Using the data beneath this instruction, retype only the lines from the one that contains "it was made." down to the one that contains "let name = name.copy()?;", both included, exactly as they appear.

———

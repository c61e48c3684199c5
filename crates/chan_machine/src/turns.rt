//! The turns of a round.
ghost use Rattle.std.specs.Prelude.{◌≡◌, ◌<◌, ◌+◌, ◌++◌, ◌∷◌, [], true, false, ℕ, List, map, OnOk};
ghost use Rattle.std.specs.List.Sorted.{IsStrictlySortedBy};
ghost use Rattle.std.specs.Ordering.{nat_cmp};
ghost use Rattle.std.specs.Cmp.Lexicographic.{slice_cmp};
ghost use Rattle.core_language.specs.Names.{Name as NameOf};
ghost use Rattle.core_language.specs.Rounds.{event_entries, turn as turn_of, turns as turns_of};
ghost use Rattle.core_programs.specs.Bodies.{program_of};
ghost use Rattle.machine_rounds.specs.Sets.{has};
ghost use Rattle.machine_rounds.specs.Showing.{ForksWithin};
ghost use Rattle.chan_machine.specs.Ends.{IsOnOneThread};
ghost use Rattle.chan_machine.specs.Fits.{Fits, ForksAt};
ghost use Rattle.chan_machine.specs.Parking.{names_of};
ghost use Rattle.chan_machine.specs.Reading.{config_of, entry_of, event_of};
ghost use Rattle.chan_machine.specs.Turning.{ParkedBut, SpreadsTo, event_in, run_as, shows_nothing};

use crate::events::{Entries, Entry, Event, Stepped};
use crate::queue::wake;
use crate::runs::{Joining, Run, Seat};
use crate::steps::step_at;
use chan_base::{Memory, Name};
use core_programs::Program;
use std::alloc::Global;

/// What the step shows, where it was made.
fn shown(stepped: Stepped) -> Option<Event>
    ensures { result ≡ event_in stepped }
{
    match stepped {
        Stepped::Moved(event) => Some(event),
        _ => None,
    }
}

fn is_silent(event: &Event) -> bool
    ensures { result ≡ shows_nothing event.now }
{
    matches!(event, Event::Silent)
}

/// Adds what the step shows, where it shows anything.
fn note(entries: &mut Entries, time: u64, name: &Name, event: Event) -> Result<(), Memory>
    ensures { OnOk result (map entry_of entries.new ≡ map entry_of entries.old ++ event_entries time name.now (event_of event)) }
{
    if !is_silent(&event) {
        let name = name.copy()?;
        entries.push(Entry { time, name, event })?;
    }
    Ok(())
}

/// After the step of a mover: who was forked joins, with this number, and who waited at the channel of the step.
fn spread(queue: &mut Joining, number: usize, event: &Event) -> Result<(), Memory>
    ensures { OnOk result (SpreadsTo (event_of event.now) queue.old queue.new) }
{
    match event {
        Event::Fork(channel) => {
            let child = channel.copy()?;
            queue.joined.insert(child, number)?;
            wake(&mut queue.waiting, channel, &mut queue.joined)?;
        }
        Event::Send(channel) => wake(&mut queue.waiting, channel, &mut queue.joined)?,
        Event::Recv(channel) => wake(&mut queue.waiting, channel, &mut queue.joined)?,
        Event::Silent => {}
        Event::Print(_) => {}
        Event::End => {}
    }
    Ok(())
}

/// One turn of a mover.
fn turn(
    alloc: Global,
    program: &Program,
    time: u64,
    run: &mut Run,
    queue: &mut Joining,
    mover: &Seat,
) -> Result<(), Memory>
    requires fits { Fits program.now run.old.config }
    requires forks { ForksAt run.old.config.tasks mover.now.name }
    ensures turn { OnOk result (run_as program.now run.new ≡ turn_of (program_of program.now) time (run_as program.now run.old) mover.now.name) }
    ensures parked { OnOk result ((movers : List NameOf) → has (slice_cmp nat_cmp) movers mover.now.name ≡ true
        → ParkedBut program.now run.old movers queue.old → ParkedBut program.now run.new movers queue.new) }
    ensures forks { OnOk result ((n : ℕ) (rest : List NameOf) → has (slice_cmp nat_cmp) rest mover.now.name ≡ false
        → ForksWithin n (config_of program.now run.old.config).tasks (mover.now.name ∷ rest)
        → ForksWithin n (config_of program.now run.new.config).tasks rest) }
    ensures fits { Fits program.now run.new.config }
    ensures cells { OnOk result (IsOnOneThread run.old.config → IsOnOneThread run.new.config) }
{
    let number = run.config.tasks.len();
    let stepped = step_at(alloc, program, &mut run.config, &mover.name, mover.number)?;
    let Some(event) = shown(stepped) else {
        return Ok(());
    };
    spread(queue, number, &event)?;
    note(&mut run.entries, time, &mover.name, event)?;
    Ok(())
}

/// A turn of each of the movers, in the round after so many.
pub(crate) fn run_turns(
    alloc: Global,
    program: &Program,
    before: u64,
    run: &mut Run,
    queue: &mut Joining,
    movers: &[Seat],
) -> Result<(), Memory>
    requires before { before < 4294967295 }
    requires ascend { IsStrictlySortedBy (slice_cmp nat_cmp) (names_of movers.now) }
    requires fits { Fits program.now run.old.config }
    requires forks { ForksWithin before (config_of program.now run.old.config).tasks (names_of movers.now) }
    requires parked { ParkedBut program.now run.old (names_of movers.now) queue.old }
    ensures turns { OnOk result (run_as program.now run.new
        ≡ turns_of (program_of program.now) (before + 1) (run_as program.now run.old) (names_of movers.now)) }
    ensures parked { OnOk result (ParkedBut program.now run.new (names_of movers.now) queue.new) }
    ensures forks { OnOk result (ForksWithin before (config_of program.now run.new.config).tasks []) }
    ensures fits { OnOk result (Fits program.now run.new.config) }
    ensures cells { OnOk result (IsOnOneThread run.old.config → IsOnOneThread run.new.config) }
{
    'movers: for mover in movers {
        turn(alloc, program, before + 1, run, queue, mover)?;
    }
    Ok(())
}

———

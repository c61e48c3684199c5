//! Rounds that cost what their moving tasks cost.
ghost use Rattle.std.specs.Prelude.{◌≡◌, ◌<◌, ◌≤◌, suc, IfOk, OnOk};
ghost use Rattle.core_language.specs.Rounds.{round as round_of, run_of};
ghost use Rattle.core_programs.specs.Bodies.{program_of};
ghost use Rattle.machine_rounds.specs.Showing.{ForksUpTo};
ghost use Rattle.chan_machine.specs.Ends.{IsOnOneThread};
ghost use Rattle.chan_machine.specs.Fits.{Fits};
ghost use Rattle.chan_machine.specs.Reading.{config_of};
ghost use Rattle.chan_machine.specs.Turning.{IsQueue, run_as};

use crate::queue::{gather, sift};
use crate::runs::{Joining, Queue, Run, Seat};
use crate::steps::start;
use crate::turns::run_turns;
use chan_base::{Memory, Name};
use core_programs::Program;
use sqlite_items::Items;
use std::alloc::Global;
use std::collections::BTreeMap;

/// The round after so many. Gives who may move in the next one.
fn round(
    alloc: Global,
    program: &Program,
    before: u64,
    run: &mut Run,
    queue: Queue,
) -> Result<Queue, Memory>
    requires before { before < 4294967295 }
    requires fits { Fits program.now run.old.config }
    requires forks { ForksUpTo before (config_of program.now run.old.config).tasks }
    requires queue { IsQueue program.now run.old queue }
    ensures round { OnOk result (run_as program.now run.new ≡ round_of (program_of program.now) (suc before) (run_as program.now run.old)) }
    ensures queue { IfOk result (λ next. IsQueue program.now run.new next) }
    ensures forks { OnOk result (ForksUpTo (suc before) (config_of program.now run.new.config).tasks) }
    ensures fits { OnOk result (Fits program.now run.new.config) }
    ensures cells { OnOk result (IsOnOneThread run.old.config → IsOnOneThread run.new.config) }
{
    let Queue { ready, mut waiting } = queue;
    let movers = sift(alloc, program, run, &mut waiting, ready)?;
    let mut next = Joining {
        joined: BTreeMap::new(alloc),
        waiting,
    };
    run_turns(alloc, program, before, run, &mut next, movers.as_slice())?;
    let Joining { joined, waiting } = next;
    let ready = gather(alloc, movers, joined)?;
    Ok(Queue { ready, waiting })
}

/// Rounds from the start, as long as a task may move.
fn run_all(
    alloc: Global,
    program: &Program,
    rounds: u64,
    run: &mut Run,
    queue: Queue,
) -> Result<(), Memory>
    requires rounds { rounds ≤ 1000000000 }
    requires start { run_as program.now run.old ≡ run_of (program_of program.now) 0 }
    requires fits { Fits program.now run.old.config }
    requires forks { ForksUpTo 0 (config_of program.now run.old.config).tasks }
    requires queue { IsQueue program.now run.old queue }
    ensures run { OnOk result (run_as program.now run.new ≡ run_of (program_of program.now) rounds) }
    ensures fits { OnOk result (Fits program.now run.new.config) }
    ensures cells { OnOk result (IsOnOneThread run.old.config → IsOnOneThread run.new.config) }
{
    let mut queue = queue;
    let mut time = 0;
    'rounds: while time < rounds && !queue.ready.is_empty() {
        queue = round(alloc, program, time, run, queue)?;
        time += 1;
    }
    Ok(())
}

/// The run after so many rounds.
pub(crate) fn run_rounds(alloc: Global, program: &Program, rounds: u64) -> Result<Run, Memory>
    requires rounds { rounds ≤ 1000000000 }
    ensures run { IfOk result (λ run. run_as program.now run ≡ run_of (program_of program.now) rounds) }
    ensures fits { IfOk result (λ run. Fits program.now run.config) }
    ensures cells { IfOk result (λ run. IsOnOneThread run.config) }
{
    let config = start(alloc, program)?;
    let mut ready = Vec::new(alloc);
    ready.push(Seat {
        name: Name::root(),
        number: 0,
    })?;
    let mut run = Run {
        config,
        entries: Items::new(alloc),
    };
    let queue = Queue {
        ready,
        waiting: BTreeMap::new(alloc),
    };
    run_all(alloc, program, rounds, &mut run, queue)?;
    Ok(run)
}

———

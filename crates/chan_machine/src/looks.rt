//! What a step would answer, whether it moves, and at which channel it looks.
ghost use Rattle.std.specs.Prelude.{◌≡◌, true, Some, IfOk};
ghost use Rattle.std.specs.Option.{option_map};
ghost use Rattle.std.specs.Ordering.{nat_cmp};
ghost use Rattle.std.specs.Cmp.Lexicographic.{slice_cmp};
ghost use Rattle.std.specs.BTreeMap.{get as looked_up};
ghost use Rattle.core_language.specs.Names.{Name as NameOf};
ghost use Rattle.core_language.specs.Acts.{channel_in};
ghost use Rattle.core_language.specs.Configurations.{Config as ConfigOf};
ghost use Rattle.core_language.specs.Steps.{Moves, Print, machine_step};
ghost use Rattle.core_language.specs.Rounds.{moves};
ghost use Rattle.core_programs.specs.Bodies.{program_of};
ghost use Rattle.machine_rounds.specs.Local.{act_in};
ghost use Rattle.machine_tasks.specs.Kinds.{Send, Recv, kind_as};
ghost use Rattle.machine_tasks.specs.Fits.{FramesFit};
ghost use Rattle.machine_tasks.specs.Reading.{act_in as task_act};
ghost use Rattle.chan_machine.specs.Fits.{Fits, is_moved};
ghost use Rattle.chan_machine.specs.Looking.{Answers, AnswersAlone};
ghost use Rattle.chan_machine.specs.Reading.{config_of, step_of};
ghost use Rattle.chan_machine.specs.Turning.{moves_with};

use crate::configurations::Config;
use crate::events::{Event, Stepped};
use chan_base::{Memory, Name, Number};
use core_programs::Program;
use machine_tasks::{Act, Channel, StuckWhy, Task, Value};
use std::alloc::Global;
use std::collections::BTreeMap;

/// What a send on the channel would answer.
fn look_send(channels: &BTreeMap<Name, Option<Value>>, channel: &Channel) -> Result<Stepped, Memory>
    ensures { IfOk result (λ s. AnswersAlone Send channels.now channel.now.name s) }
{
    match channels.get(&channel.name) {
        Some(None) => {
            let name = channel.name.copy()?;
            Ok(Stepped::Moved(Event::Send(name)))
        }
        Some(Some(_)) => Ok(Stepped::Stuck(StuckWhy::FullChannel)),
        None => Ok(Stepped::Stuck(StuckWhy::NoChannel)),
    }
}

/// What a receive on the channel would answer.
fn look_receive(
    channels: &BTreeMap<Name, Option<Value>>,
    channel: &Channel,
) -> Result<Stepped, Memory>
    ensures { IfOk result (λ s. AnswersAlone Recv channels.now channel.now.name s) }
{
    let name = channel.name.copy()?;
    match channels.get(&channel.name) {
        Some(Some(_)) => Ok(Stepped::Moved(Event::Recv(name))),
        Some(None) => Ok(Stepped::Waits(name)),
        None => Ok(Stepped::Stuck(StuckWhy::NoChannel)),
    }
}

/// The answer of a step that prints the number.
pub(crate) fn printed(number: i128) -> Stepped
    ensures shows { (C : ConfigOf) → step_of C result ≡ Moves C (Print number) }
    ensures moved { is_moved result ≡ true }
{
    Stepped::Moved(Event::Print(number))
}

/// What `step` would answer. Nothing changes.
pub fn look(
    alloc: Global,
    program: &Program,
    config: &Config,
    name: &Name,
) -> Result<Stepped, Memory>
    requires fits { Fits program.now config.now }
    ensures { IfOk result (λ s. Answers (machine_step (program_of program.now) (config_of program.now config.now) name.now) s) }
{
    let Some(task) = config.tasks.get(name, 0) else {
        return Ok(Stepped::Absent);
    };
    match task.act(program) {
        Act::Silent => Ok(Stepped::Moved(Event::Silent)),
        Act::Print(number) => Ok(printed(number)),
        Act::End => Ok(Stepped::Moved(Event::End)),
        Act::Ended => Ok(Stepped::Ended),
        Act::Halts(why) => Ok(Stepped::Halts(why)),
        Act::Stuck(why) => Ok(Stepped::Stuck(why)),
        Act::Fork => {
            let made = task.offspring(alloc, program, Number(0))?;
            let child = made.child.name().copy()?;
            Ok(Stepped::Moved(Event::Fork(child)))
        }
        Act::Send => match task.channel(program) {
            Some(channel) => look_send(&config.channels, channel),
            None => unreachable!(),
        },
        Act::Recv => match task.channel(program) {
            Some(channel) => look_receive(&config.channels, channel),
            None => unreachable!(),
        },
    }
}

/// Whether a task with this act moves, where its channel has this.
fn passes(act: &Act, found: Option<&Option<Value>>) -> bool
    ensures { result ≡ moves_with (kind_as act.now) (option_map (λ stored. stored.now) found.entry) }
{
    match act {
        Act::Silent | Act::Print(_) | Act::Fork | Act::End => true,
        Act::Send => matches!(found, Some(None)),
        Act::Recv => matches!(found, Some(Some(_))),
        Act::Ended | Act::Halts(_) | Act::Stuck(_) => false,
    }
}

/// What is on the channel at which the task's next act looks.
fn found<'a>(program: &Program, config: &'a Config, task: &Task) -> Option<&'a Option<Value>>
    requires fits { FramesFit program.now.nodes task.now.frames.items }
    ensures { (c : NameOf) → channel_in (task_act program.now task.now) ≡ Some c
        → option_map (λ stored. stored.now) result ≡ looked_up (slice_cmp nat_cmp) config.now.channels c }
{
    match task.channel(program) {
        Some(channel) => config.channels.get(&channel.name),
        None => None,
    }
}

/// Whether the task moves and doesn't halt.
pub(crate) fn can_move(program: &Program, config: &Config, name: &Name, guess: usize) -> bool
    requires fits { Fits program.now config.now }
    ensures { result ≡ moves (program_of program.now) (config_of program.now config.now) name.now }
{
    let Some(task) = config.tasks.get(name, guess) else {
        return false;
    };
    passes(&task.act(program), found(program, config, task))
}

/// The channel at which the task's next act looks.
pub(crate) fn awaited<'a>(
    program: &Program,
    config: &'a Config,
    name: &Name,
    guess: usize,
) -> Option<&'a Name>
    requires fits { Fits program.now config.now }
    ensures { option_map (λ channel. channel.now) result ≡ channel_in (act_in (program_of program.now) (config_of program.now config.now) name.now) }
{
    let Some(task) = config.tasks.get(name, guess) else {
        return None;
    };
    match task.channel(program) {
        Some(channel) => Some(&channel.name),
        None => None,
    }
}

———

Expected answer:
/// What the step shows, where it was made.
fn shown(stepped: Stepped) -> Option<Event>
    ensures { result ≡ event_in stepped }
{
    match stepped {
        Stepped::Moved(event) => Some(event),
        _ => None,
    }
}

fn is_silent(event: &Event) -> bool
    ensures { result ≡ shows_nothing event.now }
{
    matches!(event, Event::Silent)
}

/// Adds what the step shows, where it shows anything.
fn note(entries: &mut Entries, time: u64, name: &Name, event: Event) -> Result<(), Memory>
    ensures { OnOk result (map entry_of entries.new ≡ map entry_of entries.old ++ event_entries time name.now (event_of event)) }
{
    if !is_silent(&event) {
        let name = name.copy()?;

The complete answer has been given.